What you should do: Your task is to print each record exactly as it reads.

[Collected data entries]

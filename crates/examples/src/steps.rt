// Steps of a referee: a small buffer, the bytes behind a line, the end of a file, and a fault.
use reports::{Referee, write_fault};
use std::test::Fail;
use transcripts::fault::Layer;
use transcripts::unread::Unread;

// Rugs, two by two, and the end.
const HEAD_AND_END: &[u8; 18] =
    b"\x0a\x00\x01\x00\x02\x00\x02\x00\x02\x00\x00\x00\x00\x00\x00\x00\x07\x00";

// The same, cut short in the end record.
const CUT_SHORT: &[u8; 17] =
    b"\x0a\x00\x01\x00\x02\x00\x02\x00\x02\x00\x00\x00\x00\x00\x00\x00\x07";

#[test]
fn a_small_buffer_is_refused(rt: HostRuntime) -> Result<(), Fail> {
    let mut referee = Referee::new(rt.alloc(), Unread::new(HEAD_AND_END))?;
    let mut small = [35; 127];
    let Err(fault) = referee.step(&mut small) else {
        return Err(Fail::new("no fault"));
    };
    assert_eq!(rt; fault.number(), 19);
    assert_eq!(rt; fault.layer(), Layer::Referee);
    assert_eq!(rt; fault.at().number, 1);
    assert_eq!(rt; small, [35; 127]);
    let mut line = [35; 128];
    assert_eq!(rt; referee.step(&mut line), Ok(10));
    assert_eq!(rt; &line[0..10], b"1 board 4\n".as_slice());
    assert_eq!(rt; &line[10..128], [35; 118].as_slice());
    Ok(())
}

#[test]
fn nothing_is_written_behind_the_end(rt: HostRuntime) -> Result<(), Fail> {
    let mut referee = Referee::new(rt.alloc(), Unread::new(HEAD_AND_END))?;
    let mut line = [0; 128];
    assert_eq!(rt; referee.step(&mut line), Ok(10));
    assert_eq!(rt; referee.step(&mut line), Ok(6));
    assert_eq!(rt; &line[0..6], b"2 end\n".as_slice());
    let mut last = [35; 200];
    assert_eq!(rt; referee.step(&mut last), Ok(0));
    assert_eq!(rt; referee.step(&mut last), Ok(0));
    assert_eq!(rt; last, [35; 200]);
    Ok(())
}

#[test]
fn a_fault_is_met_again(rt: HostRuntime) -> Result<(), Fail> {
    let mut referee = Referee::new(rt.alloc(), Unread::new(CUT_SHORT))?;
    let mut line = [0; 128];
    assert_eq!(rt; referee.step(&mut line), Ok(10));
    assert!(rt; referee.step(&mut line).is_err());
    let Err(fault) = referee.step(&mut line) else {
        return Err(Fail::new("no fault"));
    };
    assert_eq!(rt; fault.layer(), Layer::Bytes);
    assert_eq!(rt; write_fault(fault, &mut line), Ok(15));
    assert_eq!(rt; &line[0..15], b"2 bad 10 at 14\n".as_slice());
    Ok(())
}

Your solution:
filename crates/examples/src/steps.rt
// Steps of a referee: a small buffer, the bytes behind a line, the end of a file, and a fault.
use reports::{Referee, write_fault};
use std::test::Fail;
use transcripts::fault::Layer;
use transcripts::unread::Unread;

// Rugs, two by two, and the end.
const HEAD_AND_END: &[u8; 18] =
    b"\x0a\x00\x01\x00\x02\x00\x02\x00\x02\x00\x00\x00\x00\x00\x00\x00\x07\x00";

// The same, cut short in the end record.
const CUT_SHORT: &[u8; 17] =
    b"\x0a\x00\x01\x00\x02\x00\x02\x00\x02\x00\x00\x00\x00\x00\x00\x00\x07";

#[test]
fn a_small_buffer_is_refused(rt: HostRuntime) -> Result<(), Fail> {
    let mut referee = Referee::new(rt.alloc(), Unread::new(HEAD_AND_END))?;
    let mut small = [35; 127];
    let Err(fault) = referee.step(&mut small) else {
        return Err(Fail::new("no fault"));
    };
    assert_eq!(rt; fault.number(), 19);
    assert_eq!(rt; fault.layer(), Layer::Referee);
    assert_eq!(rt; fault.at().number, 1);
    assert_eq!(rt; small, [35; 127]);
    let mut line = [35; 128];
    assert_eq!(rt; referee.step(&mut line), Ok(10));
    assert_eq!(rt; &line[0..10], b"1 board 4\n".as_slice());
    assert_eq!(rt; &line[10..128], [35; 118].as_slice());
    Ok(())
}

#[test]
fn nothing_is_written_behind_the_end(rt: HostRuntime) -> Result<(), Fail> {
    let mut referee = Referee::new(rt.alloc(), Unread::new(HEAD_AND_END))?;
    let mut line = [0; 128];
    assert_eq!(rt; referee.step(&mut line), Ok(10));
    assert_eq!(rt; referee.step(&mut line), Ok(6));
    assert_eq!(rt; &line[0..6], b"2 end\n".as_slice());
    let mut last = [35; 200];
    assert_eq!(rt; referee.step(&mut last), Ok(0));
    assert_eq!(rt; referee.step(&mut last), Ok(0));
    assert_eq!(rt; last, [35; 200]);
    Ok(())
}

#[test]
fn a_fault_is_met_again(rt: HostRuntime) -> Result<(), Fail> {
    let mut referee = Referee::new(rt.alloc(), Unread::new(CUT_SHORT))?;
    let mut line = [0; 128];
    assert_eq!(rt; referee.step(&mut line), Ok(10));
    assert!(rt; referee.step(&mut line).is_err());
    let Err(fault) = referee.step(&mut line) else {
        return Err(Fail::new("no fault"));
    };
    assert_eq!(rt; fault.layer(), Layer::Bytes);
    assert_eq!(rt; write_fault(fault, &mut line), Ok(15));
    assert_eq!(rt; &line[0..15], b"2 bad 10 at 14\n".as_slice());
    Ok(())
}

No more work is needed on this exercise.